EXERCISE REQUIREMENTS: Nothing below is to be printed except the lines between the line holding "let written = job.outs.as_slice();" and the line holding "that one writes.", inclusive, each exactly as it appears.

WORKING DATA:
-*-*-

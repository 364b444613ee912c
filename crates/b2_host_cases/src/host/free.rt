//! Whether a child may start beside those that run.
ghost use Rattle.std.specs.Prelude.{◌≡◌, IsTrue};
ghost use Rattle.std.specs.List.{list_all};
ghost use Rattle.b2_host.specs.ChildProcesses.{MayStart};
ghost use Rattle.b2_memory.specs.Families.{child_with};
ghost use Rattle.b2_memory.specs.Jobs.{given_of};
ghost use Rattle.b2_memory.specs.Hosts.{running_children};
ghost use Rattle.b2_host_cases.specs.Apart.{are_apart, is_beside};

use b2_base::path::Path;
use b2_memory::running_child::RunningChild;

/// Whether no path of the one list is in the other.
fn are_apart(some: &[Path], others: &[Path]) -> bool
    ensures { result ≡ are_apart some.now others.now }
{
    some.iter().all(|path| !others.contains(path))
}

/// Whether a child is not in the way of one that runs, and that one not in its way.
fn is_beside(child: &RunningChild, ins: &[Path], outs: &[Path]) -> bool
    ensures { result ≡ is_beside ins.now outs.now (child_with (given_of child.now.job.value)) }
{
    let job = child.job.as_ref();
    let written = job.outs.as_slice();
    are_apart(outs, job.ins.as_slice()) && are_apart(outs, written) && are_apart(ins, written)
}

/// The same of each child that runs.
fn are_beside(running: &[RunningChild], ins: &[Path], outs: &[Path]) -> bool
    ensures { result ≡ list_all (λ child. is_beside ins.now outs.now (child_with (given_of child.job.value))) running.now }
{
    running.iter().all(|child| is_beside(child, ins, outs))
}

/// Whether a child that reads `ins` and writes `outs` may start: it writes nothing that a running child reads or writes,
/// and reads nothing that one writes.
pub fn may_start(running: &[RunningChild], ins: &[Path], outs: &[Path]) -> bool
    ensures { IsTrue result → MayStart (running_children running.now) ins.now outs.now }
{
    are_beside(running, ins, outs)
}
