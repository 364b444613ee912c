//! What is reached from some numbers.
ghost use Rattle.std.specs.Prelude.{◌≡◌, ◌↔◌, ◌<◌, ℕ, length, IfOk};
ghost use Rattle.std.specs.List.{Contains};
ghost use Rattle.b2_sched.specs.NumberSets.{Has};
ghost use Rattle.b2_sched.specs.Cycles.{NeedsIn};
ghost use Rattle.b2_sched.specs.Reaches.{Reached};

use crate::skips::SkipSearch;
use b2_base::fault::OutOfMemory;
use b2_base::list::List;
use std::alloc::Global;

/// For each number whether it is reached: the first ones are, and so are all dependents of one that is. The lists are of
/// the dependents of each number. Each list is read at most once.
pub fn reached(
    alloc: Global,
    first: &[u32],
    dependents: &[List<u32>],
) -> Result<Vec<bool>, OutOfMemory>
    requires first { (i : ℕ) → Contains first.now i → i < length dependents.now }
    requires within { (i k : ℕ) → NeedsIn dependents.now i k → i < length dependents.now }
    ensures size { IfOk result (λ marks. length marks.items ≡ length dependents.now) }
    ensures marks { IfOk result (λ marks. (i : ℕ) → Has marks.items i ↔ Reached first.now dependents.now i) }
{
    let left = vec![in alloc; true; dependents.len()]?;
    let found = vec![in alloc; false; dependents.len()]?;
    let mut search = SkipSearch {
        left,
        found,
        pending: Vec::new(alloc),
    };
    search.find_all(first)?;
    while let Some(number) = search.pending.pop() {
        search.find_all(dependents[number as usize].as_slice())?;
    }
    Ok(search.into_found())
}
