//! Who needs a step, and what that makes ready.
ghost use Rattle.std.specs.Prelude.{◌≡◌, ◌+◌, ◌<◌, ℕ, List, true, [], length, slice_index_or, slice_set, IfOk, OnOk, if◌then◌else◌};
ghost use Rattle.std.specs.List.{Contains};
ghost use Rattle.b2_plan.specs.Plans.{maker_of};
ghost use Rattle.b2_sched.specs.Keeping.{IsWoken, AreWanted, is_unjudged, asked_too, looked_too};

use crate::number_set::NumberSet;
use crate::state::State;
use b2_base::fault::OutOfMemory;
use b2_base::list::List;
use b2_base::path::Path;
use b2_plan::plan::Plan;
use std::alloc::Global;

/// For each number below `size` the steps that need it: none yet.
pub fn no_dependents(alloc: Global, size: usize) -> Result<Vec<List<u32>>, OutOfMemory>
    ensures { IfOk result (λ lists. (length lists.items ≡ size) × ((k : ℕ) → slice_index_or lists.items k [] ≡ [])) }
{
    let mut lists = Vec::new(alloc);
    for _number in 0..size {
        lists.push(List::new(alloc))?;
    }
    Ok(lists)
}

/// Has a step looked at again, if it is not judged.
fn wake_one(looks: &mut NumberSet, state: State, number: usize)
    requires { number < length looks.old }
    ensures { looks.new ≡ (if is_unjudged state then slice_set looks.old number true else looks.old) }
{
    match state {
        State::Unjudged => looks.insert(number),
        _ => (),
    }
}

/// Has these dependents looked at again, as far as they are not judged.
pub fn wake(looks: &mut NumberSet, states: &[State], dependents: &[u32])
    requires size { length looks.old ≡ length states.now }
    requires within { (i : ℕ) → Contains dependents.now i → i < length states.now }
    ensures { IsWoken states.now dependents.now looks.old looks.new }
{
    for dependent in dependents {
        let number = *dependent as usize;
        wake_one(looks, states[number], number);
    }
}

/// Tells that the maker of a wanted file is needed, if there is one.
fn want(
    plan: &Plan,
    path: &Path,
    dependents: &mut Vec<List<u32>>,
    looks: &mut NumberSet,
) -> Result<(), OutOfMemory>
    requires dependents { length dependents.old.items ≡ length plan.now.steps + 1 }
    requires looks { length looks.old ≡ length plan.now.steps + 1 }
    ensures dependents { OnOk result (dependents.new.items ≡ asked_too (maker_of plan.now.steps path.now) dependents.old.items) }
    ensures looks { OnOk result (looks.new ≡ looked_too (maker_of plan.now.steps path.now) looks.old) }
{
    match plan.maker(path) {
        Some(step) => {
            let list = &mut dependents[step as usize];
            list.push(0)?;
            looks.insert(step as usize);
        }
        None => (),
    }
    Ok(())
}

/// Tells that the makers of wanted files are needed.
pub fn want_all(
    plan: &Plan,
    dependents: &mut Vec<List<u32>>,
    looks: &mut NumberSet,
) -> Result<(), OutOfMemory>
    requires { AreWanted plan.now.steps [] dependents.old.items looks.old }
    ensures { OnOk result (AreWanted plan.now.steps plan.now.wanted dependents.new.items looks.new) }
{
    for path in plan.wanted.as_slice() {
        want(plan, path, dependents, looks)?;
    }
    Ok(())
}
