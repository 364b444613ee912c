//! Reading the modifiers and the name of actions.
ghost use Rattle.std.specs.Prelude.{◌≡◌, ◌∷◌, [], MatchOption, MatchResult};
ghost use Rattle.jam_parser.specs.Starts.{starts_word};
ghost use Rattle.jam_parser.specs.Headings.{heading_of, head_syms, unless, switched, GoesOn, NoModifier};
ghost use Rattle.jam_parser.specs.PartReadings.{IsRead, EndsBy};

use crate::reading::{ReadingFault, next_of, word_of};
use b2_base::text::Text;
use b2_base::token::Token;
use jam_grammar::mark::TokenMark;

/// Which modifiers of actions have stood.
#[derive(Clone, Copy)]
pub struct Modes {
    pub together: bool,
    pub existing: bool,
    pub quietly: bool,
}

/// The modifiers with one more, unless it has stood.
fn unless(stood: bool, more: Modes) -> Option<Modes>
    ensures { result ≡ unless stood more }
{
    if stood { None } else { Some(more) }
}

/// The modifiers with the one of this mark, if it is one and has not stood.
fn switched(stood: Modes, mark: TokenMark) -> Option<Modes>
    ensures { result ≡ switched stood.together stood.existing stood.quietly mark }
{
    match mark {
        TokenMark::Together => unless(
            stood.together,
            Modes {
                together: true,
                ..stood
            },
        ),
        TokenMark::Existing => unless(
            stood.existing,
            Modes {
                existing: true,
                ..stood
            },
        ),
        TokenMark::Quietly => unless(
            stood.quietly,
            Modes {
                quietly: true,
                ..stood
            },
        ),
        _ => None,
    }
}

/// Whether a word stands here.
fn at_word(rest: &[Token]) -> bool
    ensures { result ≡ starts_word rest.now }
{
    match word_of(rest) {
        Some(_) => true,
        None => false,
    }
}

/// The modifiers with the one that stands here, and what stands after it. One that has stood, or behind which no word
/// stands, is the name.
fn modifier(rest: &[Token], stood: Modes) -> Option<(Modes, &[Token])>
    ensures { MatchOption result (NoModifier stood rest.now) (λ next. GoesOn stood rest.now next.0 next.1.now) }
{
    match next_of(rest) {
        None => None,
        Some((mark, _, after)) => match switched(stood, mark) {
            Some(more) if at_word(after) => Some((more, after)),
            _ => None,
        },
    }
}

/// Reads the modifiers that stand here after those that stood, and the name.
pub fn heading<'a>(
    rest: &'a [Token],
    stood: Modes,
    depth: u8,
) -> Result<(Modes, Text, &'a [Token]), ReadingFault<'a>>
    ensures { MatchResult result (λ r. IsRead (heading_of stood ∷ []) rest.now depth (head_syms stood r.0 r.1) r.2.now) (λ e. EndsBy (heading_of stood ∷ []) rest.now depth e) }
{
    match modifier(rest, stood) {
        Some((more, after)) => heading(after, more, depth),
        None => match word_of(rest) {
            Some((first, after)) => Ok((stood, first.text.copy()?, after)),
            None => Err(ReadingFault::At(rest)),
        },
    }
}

-*-*-

WRITTEN RESPONSE:
    let written = job.outs.as_slice();
    are_apart(outs, job.ins.as_slice()) && are_apart(outs, written) && are_apart(ins, written)
}

/// The same of each child that runs.
fn are_beside(running: &[RunningChild], ins: &[Path], outs: &[Path]) -> bool
    ensures { result ≡ list_all (λ child. is_beside ins.now outs.now (child_with (given_of child.job.value))) running.now }
{
    running.iter().all(|child| is_beside(child, ins, outs))
}

/// Whether a child that reads `ins` and writes `outs` may start: it writes nothing that a running child reads or writes,
/// and reads nothing that one writes.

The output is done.